If you check out the aerial photos of Patagonia, you’ll see green mountains to the west, and a great expanse of yellow to the east. This desert – with it’s vast plains, far off blue mountains, and pillow like bushes- is probably objectively beautiful. Getting stabbed in the ass by one of those bushes on a wilderness pee break drove all thought of beauty out of mind. My thoughts turned instead to my hatred of our crazy truck driver, who delighted in sharing his views on Bolivians (lazy and ugly), Argentinians (untrustworthy), and Chilean superiority (apparently even their hotdogs were better). What kept me sane was Aidan’s music – I’ll let her tell you this story.

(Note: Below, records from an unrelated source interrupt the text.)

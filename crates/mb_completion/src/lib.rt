//! Completion of the rules of a design matrix: the run over critical pairs, the reduced
//! basis, and the certificate that is made of it.
#![tactic(auto)]

mod completion;
mod fault;
mod joins;
pub mod laws;
mod making;
mod moves;
mod reduction;
mod run;
mod start;
mod starts;
mod traces;

pub use completion::{Completed, complete};
pub use fault::CompleteFault;
pub use making::make;
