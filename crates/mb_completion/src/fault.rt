//! Why a completion run gives no rules.

use mb_tables::OutOfMemory;
use std::alloc::AllocError;

/// Why a completion run gives no rules. Pairs are numbers of rules, from 0 in order of birth, the
/// lower first. Where both causes hold at one pair, the looks are used up.
#[derive(Clone, Copy, Debug, PartialEq, Eq)]
pub enum CompleteFault {
    /// So many looks, all that were allowed, are done, and this pair comes next.
    Unfinished { looked: u32, left: (u32, u32) },
    /// The peak of this pair, which comes next, weighs more than 65,535 on some margin.
    Exponent { pair: (u32, u32) },
    /// Out of memory.
    OutOfMemory,
}

impl From<OutOfMemory> for CompleteFault {
    ghost use Rattle.std.specs.Prelude.{◌≡◌};
    ghost use Rattle.mb_completion.specs.declared.fault.CompleteFault.TheVariants as fault;

    ghost from_gives = { λ _ e. e ≡ fault.OutOfMemory };

    fn from(_e: OutOfMemory) -> CompleteFault {
        CompleteFault::OutOfMemory
    }
}

impl From<AllocError> for CompleteFault {
    ghost use Rattle.std.specs.Prelude.{◌≡◌};
    ghost use Rattle.mb_completion.specs.declared.fault.CompleteFault.TheVariants as fault;

    ghost from_gives = { λ _ e. e ≡ fault.OutOfMemory };

    fn from(_e: AllocError) -> CompleteFault {
        CompleteFault::OutOfMemory
    }
}
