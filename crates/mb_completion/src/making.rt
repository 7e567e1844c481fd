//! The certificate that is made of rules which complete a matrix.

ghost use Rattle.std.specs.Prelude.{◌≡◌, ◌<◌, All, IfOk, Some, length, map, slice_get};
ghost use Rattle.mb_certificate.specs.Certificate.{AreSides};
ghost use Rattle.mb_certificate.specs.Sides.{PairSuits, sides};
ghost use Rattle.mb_certificate.specs.Valid.{IsValid};
ghost use Rattle.mb_completion.specs.Basis.{IsReducedBasis};
ghost use Rattle.mb_completion.specs.Made.{
  AreNormalJoins,
  AreNormalStarts,
  moves_of as moves_among_all,
  paths_of as paths_among_all,
};
ghost use Rattle.mb_completion.specs.Run.{AreLightPeaks};

use crate::completion::Completed;
use crate::joins::joins_of;
use crate::moves::{moves_of, paths_of};
use crate::starts::starts_of;
use mb_certificate::{Certificate, Pair};
use mb_matrix::Matrix;
use mb_rules::Rules;
use mb_tables::OutOfMemory;
use std::alloc::Global;

/// The rule of a number, as a certificate has it.
fn pair(alloc: Global, rules: &Rules, k: u32) -> Result<Pair, OutOfMemory>
    requires { k < length rules.now.rules }
    ensures rule { IfOk result (λ pair. slice_get rules.now.rules k ≡ Some (sides pair)) }
    ensures shape { IfOk result (PairSuits rules.now.matrix) }
    ensures sound { IfOk result (λ pair. AreSides rules.now.matrix (sides pair)) }
{
    let rule = rules.get(k);
    let _left = rule.left.cells();
    let _right = rule.right.cells();
    Ok(Pair {
        left: rule.left.try_copy(alloc)?,
        right: rule.right.try_copy(alloc)?,
    })
}

/// All rules, as a certificate has them.
fn pairs_of(alloc: Global, rules: &Rules) -> Result<Vec<Pair>, OutOfMemory>
    ensures rules { IfOk result (λ pairs. map sides pairs.items ≡ rules.now.rules) }
    ensures shape { IfOk result (λ pairs. All (PairSuits rules.now.matrix) pairs.items) }
    ensures sound { IfOk result (λ pairs. All (AreSides rules.now.matrix) rules.now.rules) }
{
    let mut pairs = Vec::with_capacity(alloc, rules.len() as usize)?;
    for k in 0..rules.len() {
        pairs.push(pair(alloc, rules, k)?)?;
    }
    Ok(pairs)
}

/// The certificate of completed rules: their matrix, order and rules; as moves the differences of
/// the two sides of the margin-free rules, in their order; at each start and join the traces of
/// normal forms; and for each margin-free rule the path that subtracts its own move.
///
/// The rules have to be of this matrix, with no peak that weighs more than 65,535 on some margin,
/// as those of `complete` are.
pub fn make(
    alloc: Global,
    matrix: &Matrix,
    completed: &Completed,
) -> Result<Certificate, OutOfMemory>
    requires matrix { completed.now.rules.matrix ≡ matrix.now }
    requires peaks { AreLightPeaks matrix.now completed.now.rules.rules }
    ensures matrix { IfOk result (λ c. c.matrix ≡ matrix.now) }
    ensures order { IfOk result (λ c. c.order ≡ completed.now.rules.order) }
    ensures rules { IfOk result (λ c. c.rules ≡ completed.now.rules.rules) }
    ensures moves { IfOk result
        (λ c. c.moves ≡ moves_among_all matrix.now.rows completed.now.rules.rules) }
    ensures starts { IfOk result
        (λ c. AreNormalStarts matrix.now completed.now.rules.rules c.starts) }
    ensures joins { IfOk result (λ c. AreNormalJoins completed.now.rules.rules c.joins) }
    ensures paths { IfOk result
        (λ c. c.paths ≡ paths_among_all matrix.now.rows completed.now.rules.rules) }
    ensures valid { IfOk result (λ c.
        IsReducedBasis matrix.now completed.now.rules.order completed.now.rules.rules → IsValid c) }
{
    let rules = &completed.rules;
    let _rules = rules.len();
    let moves = moves_of(alloc, rules)?;
    let _moves = moves.len();
    let pairs = pairs_of(alloc, rules)?;
    let starts = starts_of(alloc, rules)?;
    let joins = joins_of(alloc, rules)?;
    let paths = paths_of(alloc, rules)?;
    let copy = matrix.try_copy(alloc)?;
    Ok(Certificate::new(copy, rules.order(), moves, pairs, starts, joins, paths))
}
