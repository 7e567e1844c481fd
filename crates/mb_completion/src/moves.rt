//! The moves of the margin-free rules, and their paths.

ghost use Rattle.std.specs.Prelude.{◌≡◌, ◌<◌, ◌+◌, ◌-ℤ◌, IfOk, OnOk, drop, length, negsuc, pos};
ghost use Rattle.mb_certificate.specs.Valid as valid;
ghost use Rattle.mb_completion.specs.Made as made;
ghost use Rattle.mb_completion.specs.loops.Making.{free_below};
ghost use Rattle.mb_order.specs.Monomial.{HaveOneShape};
ghost use Rattle.mb_order.specs.Peak.{sides_of};
ghost use Rattle.mb_tables.specs.Entries.{AreEntries, IsEntry};
ghost use Rattle.mb_tables.specs.Vectors.{at};

use mb_certificate::Path;
use mb_order::Monomial;
use mb_rules::Rules;
use mb_tables::{Move, Moves, OutOfMemory};
use std::alloc::Global;

/// Whether neither side of a rule has a symbol of the margins.
fn is_free(rules: &Rules, k: u32) -> bool
    requires { k < length rules.now.rules }
    ensures { result ≡ valid.is_free rules.now.matrix.rows rules.now.rules k }
{
    let rule = rules.get(k);
    rule.left.margin_free() && rule.right.margin_free()
}

/// The difference of the exponents of a cell.
fn difference(left: &Monomial, right: &Monomial, cell: u32) -> i32
    requires shape { HaveOneShape left.now right.now }
    requires cell { left.now.margins + cell < length left.now.list }
    ensures entry { result ≡ (pos (at left.now.list (left.now.margins + cell))
        -ℤ pos (at right.now.list (left.now.margins + cell))) }
    ensures sound { IsEntry result }
{
    i32::from(left.cell(cell)) - i32::from(right.cell(cell))
}

/// The differences of the exponents of all cells.
fn differences(alloc: Global, left: &Monomial, right: &Monomial) -> Result<Vec<i32>, OutOfMemory>
    requires { HaveOneShape left.now right.now }
    ensures entries { IfOk result (λ v. v.items ≡ made.difference
        (drop left.now.margins left.now.list) (drop left.now.margins right.now.list)) }
    ensures cells { IfOk result
        (λ v. length left.now.list ≡ left.now.margins + length v.items) }
    ensures sound { IfOk result (λ v. AreEntries v.items) }
{
    let cells = left.cells();
    let mut entries = Vec::with_capacity(alloc, cells as usize)?;
    for cell in 0..cells {
        entries.push(difference(left, right, cell))?;
    }
    Ok(entries)
}

/// The move of a rule.
fn move_of(alloc: Global, rules: &Rules, k: u32) -> Result<Move, OutOfMemory>
    requires { k < length rules.now.rules }
    ensures made { IfOk result
        (λ z. z ≡ made.move_of rules.now.matrix.rows (sides_of rules.now.rules k)) }
    ensures width { IfOk result (λ z. length z ≡ length rules.now.matrix.columns) }
{
    let rule = rules.get(k);
    let entries = differences(alloc, &rule.left, &rule.right)?;
    Move::from_entries(alloc, entries.as_slice())
}

/// Adds the move of a rule, if it is margin-free.
fn add_move(alloc: Global, rules: &Rules, k: u32, moves: &mut Moves) -> Result<(), OutOfMemory>
    requires rule { k < length rules.now.rules }
    requires width { moves.old.width ≡ length rules.now.matrix.columns }
    requires so_far { moves.old.rows
        ≡ made.moves_among rules.now.matrix.rows rules.now.rules
        (free_below rules.now.matrix.rows rules.now.rules k) }
    ensures so_far { OnOk result (moves.new.rows
        ≡ made.moves_among rules.now.matrix.rows rules.now.rules
        (free_below rules.now.matrix.rows rules.now.rules (k + 1))) }
    ensures width { moves.new.width ≡ moves.old.width }
{
    let _rules = rules.len();
    if !is_free(rules, k) {
        return Ok(());
    }
    moves.push(move_of(alloc, rules, k)?)?;
    Ok(())
}

/// The moves of the margin-free rules, in their order.
pub fn moves_of(alloc: Global, rules: &Rules) -> Result<Moves, OutOfMemory>
    ensures moves { IfOk result
        (λ moves. moves.rows ≡ made.moves_of rules.now.matrix.rows rules.now.rules) }
    ensures width { IfOk result (λ moves. moves.width ≡ length rules.now.matrix.columns) }
{
    let mut moves = Moves::new(alloc, rules.matrix().cols());
    for k in 0..rules.len() {
        add_move(alloc, rules, k, &mut moves)?;
    }
    Ok(moves)
}

/// The step that subtracts the move of a number, which counts from 0.
fn subtracting(number: u32) -> i64
    ensures { result ≡ negsuc number }
{
    -1 - i64::from(number)
}

/// Adds the path of a rule, if it is margin-free: the one step that subtracts its own move, which
/// is the first that no path has.
fn add_path(alloc: Global, rules: &Rules, k: u32, paths: &mut Vec<Path>) -> Result<(), OutOfMemory>
    requires rule { k < length rules.now.rules }
    requires so_far { paths.old.items
        ≡ made.paths_from 0 (free_below rules.now.matrix.rows rules.now.rules k) }
    ensures { OnOk result (paths.new.items
        ≡ made.paths_from 0 (free_below rules.now.matrix.rows rules.now.rules (k + 1))) }
{
    if !is_free(rules, k) {
        return Ok(());
    }
    let steps = Vec::from_array(alloc, [subtracting(paths.len() as u32)])?;
    paths.push(Path { rule: k, steps })?;
    Ok(())
}

/// The paths of the margin-free rules, in their order.
pub fn paths_of(alloc: Global, rules: &Rules) -> Result<Vec<Path>, OutOfMemory>
    ensures { IfOk result
        (λ paths. paths.items ≡ made.paths_of rules.now.matrix.rows rules.now.rules) }
{
    let mut paths = Vec::new(alloc);
    for k in 0..rules.len() {
        add_path(alloc, rules, k, &mut paths)?;
    }
    Ok(paths)
}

Baldy was apparently enamoured by Canadian musicians, but his favourite / love of his life was Shania Twain. He knew everything about her and dreamed of her coming to Chile and falling in love with a certain hair challenged truck driver. When he was unable to find her music on his phone, I offered up my own playlist. I played all of my Shania collection, then I played more that he claimed to like – some Buble, Celine Dione, one Sinatra. And then he started his racist rant and I put on a playlist our dads would have enjoyed plus a few musical numbers thrown in there. Savannah and I sang along for the next 6 hours. I think he stopped appreciating my music by hour 2.
Then we crossed the border. To our disbelief, Baldy O’Ryan had been telling the truth about Chile. For the first time in 8 hours, we drove on a paved road. The deserts disappeared, to be replaced by the most lush hills and mountains I’d ever seen. Every turn of the road brought another breathtaking vista – once again, I’ll let the pictures do the talking.
By the time we got to Coyhaique, Aidan and I were both completely in love with Chile. We were in no hurry to take off (or to get in another vehicle), and have been staying at a farm for the past week. More stories to come!